• [ACTION ITEM]:
Find every line below where the string "behind" shows up, and copy those lines.

─── DATASET ───

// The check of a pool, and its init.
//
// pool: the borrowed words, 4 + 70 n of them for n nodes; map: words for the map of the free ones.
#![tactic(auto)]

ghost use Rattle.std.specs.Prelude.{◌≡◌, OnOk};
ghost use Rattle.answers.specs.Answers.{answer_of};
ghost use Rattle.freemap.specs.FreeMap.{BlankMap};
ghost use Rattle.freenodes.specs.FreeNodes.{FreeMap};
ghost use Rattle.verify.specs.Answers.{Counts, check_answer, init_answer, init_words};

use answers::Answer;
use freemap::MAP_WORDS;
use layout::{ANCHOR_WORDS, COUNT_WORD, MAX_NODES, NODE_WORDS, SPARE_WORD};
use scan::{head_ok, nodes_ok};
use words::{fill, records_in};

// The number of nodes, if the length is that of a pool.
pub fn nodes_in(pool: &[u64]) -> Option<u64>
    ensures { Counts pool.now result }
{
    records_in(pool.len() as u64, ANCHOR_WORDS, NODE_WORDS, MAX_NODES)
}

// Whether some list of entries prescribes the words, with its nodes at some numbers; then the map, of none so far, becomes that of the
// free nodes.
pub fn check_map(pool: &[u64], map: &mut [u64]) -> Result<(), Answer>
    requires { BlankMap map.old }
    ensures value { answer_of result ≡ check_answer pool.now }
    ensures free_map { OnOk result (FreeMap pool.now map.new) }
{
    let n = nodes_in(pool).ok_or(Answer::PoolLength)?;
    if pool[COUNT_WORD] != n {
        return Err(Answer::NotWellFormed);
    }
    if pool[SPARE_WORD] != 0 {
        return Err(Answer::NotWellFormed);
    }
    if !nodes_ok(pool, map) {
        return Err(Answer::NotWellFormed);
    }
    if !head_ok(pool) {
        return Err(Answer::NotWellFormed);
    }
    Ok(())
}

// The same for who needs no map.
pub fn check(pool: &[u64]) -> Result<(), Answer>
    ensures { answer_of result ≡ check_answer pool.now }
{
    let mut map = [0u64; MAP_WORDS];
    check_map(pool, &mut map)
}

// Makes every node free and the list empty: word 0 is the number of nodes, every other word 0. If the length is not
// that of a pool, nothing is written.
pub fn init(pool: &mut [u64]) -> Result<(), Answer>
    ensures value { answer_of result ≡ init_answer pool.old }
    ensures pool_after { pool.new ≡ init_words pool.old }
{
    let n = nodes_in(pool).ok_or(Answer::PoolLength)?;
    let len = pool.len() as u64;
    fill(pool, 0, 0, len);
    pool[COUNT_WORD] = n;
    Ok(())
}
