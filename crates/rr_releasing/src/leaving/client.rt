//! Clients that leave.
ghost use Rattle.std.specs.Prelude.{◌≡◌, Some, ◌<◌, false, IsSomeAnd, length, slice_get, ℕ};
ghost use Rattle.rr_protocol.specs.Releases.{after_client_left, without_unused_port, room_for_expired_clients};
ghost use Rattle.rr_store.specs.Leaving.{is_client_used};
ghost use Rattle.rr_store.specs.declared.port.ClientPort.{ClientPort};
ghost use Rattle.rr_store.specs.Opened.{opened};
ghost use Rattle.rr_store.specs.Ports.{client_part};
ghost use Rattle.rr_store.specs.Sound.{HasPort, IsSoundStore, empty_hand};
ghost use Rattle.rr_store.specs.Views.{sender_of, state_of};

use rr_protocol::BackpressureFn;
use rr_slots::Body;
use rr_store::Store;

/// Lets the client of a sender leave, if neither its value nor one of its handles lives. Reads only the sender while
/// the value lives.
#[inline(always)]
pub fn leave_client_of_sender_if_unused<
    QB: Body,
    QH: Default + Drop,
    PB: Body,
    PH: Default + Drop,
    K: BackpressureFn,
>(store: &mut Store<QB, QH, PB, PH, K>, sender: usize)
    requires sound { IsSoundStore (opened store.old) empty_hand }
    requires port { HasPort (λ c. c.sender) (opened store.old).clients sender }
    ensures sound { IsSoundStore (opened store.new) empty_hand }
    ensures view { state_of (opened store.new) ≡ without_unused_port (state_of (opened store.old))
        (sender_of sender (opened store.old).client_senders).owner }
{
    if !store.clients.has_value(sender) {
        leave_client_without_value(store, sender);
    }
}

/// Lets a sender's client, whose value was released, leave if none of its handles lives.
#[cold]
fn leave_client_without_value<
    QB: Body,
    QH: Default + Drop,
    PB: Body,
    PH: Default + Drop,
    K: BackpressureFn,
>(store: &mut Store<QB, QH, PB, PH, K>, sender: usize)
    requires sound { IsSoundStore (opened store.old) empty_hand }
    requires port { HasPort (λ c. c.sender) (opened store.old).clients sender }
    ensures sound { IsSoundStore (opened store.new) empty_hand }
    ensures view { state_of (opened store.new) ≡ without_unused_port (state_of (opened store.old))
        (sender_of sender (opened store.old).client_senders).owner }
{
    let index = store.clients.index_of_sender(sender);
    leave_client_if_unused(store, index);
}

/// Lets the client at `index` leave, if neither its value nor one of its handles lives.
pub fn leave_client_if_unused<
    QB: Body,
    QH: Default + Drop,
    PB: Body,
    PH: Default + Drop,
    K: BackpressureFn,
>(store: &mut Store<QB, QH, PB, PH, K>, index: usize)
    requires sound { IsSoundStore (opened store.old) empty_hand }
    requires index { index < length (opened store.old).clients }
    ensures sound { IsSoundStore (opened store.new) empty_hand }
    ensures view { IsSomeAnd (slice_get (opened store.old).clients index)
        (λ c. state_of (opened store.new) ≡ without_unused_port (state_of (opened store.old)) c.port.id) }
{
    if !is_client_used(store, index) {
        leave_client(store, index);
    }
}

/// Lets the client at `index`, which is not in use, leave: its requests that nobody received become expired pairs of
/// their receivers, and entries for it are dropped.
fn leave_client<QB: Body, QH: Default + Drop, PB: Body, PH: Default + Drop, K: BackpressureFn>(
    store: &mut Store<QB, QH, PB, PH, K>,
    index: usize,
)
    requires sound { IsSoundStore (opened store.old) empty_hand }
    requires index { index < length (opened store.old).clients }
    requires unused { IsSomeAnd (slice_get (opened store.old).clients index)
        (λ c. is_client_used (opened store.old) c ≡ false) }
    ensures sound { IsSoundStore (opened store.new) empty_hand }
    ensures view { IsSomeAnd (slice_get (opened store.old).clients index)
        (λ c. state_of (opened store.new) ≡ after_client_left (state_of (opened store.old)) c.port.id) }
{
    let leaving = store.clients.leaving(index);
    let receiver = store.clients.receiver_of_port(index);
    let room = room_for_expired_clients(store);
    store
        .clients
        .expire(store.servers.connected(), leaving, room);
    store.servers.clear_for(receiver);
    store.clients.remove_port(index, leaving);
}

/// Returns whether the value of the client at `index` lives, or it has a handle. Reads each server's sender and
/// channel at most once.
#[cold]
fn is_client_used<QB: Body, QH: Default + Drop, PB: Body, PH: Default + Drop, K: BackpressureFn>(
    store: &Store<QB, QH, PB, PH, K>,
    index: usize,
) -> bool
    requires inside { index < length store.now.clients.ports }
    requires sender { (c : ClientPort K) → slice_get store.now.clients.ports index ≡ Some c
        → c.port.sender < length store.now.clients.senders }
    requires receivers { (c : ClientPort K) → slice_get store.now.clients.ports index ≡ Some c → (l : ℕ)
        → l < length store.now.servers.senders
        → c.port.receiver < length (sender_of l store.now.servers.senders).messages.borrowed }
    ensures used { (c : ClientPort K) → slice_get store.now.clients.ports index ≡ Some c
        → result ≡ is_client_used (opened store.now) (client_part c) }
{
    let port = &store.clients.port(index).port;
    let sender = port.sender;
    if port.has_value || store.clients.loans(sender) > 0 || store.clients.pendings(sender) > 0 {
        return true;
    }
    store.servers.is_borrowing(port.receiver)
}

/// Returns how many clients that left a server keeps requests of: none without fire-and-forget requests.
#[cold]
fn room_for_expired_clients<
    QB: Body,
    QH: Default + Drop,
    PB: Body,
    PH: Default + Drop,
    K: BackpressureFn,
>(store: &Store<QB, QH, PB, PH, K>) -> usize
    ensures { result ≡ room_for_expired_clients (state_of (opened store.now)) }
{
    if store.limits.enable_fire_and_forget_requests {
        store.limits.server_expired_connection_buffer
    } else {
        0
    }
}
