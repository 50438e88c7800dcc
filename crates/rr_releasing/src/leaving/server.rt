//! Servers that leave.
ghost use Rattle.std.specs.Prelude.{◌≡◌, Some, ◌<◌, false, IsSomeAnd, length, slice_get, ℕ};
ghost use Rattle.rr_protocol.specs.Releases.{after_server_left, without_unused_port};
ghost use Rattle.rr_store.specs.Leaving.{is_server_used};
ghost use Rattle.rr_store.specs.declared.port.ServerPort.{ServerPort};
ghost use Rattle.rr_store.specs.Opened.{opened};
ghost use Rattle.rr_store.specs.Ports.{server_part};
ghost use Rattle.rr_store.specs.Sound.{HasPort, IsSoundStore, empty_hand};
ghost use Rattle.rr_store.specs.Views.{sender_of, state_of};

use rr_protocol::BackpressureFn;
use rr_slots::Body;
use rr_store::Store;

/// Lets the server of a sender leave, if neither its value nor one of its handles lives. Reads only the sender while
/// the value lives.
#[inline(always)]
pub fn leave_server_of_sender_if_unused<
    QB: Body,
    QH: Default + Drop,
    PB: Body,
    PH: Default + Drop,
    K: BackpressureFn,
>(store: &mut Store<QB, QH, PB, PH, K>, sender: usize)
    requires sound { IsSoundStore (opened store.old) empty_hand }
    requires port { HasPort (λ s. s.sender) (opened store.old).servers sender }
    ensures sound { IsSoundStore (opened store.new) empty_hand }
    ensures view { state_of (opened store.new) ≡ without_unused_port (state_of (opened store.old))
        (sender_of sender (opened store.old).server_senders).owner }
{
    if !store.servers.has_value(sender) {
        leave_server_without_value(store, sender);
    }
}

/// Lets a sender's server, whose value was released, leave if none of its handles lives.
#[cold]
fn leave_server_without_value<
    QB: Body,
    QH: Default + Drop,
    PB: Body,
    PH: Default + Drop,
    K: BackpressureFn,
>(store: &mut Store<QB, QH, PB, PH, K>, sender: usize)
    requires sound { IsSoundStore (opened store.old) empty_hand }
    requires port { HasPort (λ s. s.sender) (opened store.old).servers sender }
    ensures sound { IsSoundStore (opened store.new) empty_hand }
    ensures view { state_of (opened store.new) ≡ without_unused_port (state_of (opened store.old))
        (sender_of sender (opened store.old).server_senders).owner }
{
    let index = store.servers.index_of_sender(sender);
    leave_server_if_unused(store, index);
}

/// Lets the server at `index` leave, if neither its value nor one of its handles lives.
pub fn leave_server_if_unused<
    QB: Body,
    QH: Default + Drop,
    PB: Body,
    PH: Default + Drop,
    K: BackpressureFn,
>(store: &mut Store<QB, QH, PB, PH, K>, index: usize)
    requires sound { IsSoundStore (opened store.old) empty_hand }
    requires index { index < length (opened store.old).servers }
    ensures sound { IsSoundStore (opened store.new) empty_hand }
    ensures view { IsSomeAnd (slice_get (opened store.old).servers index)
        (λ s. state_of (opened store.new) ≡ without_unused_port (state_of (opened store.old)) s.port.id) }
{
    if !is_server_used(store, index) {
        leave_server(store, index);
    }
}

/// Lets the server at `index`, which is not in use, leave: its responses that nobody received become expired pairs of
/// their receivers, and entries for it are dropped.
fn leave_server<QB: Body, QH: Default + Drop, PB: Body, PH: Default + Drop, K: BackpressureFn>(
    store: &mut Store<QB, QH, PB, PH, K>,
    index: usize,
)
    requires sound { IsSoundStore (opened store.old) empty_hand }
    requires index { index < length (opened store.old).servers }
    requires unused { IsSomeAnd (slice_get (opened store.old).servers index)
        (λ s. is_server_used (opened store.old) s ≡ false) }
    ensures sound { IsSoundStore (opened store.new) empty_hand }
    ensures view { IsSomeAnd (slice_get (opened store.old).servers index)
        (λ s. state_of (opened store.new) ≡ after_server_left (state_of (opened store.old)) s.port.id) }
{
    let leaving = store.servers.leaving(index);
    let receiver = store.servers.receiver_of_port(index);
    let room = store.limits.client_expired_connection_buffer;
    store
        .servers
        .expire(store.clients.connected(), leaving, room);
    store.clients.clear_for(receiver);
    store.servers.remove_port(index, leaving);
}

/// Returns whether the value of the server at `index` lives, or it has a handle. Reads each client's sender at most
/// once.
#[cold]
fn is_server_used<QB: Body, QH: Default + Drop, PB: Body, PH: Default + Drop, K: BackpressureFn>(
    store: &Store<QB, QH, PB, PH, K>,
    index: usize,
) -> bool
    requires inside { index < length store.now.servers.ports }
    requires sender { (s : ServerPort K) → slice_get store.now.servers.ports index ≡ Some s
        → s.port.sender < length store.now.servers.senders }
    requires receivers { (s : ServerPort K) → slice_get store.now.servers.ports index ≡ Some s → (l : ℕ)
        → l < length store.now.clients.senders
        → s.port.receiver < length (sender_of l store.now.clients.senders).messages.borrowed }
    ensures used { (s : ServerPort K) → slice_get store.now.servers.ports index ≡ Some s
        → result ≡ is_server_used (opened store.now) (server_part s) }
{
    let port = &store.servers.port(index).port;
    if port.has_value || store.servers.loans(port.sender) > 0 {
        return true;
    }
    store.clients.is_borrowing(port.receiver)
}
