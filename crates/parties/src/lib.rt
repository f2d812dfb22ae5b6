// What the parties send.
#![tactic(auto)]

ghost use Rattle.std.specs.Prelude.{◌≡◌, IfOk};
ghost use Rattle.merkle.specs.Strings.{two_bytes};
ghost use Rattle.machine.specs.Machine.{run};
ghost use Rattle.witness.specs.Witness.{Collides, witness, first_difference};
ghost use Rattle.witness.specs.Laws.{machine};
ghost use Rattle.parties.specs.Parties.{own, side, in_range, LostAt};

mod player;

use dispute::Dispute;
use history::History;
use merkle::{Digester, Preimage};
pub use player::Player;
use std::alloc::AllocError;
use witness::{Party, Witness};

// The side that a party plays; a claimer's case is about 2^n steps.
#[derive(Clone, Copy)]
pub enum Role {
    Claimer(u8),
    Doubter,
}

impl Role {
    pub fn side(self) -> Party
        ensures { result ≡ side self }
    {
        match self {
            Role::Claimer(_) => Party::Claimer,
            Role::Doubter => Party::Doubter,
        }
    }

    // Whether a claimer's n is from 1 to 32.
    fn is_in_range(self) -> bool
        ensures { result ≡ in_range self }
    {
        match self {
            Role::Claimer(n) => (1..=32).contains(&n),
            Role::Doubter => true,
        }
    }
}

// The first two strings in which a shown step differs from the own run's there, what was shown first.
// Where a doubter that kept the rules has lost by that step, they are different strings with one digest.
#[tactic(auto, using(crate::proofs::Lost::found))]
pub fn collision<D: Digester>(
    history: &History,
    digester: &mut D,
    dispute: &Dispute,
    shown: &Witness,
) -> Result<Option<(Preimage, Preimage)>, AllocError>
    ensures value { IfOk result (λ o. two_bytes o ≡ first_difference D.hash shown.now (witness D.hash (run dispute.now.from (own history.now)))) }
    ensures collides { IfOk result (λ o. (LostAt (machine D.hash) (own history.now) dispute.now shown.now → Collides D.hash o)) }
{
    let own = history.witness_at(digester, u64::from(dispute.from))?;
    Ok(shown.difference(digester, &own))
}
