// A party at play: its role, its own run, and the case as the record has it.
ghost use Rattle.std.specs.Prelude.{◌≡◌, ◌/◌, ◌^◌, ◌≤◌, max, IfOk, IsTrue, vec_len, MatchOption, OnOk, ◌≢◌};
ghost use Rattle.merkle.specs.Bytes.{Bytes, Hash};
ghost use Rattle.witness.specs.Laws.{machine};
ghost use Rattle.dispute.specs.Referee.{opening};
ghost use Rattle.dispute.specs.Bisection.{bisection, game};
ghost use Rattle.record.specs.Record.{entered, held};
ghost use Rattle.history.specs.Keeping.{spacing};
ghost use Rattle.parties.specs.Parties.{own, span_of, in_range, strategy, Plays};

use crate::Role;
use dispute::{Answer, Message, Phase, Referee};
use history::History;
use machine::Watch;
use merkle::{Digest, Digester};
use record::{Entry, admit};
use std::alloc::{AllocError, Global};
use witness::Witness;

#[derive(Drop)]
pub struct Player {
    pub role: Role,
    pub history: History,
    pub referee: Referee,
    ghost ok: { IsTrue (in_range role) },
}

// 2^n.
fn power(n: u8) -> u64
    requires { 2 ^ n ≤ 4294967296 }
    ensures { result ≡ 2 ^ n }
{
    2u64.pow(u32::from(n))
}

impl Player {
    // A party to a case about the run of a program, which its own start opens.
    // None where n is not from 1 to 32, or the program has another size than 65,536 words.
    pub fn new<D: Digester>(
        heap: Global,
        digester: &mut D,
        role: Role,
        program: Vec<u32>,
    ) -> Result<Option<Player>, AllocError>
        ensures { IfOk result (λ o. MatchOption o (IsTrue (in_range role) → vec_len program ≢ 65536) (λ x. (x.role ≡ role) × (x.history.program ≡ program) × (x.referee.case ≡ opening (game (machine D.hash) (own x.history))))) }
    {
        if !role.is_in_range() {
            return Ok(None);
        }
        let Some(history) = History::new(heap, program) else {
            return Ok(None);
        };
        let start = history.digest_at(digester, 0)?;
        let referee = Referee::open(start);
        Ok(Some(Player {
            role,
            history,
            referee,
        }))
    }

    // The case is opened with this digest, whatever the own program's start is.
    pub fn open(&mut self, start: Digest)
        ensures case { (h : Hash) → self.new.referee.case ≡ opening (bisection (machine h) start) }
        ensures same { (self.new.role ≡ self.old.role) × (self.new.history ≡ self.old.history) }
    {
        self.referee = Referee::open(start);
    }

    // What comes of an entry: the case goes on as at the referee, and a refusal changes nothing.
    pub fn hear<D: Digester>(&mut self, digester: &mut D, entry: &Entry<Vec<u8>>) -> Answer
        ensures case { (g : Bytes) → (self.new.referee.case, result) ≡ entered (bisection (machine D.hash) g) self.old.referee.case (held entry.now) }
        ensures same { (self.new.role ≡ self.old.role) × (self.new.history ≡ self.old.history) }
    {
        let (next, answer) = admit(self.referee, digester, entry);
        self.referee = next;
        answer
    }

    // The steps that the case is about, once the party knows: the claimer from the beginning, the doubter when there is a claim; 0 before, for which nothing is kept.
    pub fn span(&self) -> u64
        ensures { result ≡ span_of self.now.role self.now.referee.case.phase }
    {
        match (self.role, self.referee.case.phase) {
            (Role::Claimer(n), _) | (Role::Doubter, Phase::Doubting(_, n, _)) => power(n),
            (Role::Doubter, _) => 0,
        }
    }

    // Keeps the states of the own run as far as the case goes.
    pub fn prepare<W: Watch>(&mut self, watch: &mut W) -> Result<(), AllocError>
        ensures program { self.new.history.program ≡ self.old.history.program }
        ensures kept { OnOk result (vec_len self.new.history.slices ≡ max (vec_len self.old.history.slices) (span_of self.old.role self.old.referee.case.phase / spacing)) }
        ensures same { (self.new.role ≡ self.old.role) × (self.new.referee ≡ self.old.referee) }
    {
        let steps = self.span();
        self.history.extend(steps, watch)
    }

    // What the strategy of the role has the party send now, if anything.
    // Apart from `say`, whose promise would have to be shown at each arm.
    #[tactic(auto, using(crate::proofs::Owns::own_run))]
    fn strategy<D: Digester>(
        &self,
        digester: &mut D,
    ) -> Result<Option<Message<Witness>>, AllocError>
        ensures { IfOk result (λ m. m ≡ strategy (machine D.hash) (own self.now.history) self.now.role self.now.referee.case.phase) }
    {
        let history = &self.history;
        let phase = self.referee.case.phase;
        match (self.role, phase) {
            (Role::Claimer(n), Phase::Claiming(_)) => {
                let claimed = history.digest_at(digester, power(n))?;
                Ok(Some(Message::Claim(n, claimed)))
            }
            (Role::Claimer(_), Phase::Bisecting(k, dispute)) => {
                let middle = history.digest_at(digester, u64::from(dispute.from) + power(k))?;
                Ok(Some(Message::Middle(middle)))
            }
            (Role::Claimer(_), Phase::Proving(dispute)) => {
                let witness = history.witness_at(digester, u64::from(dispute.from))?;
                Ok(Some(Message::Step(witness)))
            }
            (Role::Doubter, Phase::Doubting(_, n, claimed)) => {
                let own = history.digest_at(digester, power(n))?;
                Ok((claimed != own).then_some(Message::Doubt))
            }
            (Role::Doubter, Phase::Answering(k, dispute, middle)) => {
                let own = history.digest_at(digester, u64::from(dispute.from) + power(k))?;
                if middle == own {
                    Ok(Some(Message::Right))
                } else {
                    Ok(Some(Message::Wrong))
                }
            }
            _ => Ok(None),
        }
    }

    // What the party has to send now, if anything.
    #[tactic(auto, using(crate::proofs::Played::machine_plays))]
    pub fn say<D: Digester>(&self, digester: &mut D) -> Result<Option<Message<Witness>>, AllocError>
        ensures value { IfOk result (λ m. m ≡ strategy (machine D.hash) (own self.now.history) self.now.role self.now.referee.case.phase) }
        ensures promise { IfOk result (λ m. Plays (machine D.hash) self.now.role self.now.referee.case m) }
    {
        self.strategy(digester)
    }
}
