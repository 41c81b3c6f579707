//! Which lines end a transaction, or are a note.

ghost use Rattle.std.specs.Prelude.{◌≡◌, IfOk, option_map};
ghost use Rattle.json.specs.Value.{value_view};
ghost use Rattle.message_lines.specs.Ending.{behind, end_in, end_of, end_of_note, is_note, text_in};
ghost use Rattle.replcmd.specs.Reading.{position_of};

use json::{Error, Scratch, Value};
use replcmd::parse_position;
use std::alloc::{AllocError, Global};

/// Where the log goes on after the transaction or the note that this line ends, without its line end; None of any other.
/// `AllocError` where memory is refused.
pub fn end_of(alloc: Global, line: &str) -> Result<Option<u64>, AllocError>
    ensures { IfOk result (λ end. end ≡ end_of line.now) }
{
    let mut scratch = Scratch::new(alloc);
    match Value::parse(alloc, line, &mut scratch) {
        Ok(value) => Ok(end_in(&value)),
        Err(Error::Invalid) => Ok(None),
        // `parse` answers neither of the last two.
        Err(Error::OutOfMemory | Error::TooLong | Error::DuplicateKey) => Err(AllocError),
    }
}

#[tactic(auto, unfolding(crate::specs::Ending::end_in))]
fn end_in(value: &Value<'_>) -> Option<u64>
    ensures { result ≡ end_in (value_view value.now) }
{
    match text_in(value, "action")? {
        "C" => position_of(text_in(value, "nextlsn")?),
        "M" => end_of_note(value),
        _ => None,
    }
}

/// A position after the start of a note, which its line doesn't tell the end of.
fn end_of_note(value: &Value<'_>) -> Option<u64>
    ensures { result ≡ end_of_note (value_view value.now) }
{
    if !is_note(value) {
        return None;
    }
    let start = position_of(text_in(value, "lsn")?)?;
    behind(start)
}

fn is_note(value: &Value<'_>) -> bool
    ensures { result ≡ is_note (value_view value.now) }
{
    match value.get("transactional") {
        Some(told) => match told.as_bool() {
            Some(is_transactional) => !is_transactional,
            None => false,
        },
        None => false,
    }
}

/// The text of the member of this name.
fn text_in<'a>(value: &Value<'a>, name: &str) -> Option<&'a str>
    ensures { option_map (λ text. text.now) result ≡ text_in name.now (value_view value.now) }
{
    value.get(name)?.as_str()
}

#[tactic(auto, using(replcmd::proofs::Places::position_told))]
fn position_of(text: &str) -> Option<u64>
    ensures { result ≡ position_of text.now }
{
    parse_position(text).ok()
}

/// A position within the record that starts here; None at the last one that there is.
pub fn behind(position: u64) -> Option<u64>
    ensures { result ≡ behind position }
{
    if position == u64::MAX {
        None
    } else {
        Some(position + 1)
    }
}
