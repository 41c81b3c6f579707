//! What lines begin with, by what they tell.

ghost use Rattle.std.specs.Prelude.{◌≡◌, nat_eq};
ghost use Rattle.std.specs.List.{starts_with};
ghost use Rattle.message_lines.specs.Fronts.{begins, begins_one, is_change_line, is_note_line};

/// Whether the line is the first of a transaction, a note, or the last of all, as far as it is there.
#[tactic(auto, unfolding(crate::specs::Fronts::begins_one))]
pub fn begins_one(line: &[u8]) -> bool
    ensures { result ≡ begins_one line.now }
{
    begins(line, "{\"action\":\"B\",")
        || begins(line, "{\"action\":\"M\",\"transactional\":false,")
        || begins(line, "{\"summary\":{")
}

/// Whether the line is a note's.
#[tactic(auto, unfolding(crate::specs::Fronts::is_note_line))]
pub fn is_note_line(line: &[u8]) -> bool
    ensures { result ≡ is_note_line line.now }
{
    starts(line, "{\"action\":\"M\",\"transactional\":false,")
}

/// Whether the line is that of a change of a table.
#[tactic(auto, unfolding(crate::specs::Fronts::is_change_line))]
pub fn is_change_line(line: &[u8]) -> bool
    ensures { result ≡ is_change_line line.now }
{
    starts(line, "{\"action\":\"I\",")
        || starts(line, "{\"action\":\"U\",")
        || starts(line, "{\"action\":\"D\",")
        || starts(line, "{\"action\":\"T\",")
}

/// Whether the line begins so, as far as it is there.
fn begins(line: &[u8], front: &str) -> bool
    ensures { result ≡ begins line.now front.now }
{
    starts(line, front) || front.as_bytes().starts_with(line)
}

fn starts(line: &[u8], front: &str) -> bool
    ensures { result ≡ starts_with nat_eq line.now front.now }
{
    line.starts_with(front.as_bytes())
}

───

• [SOLUTION TO THIS EXERCISE]:
ghost use Rattle.message_lines.specs.Ending.{behind, end_in, end_of, end_of_note, is_note, text_in};
    behind(start)
pub fn behind(position: u64) -> Option<u64>
    ensures { result ≡ behind position }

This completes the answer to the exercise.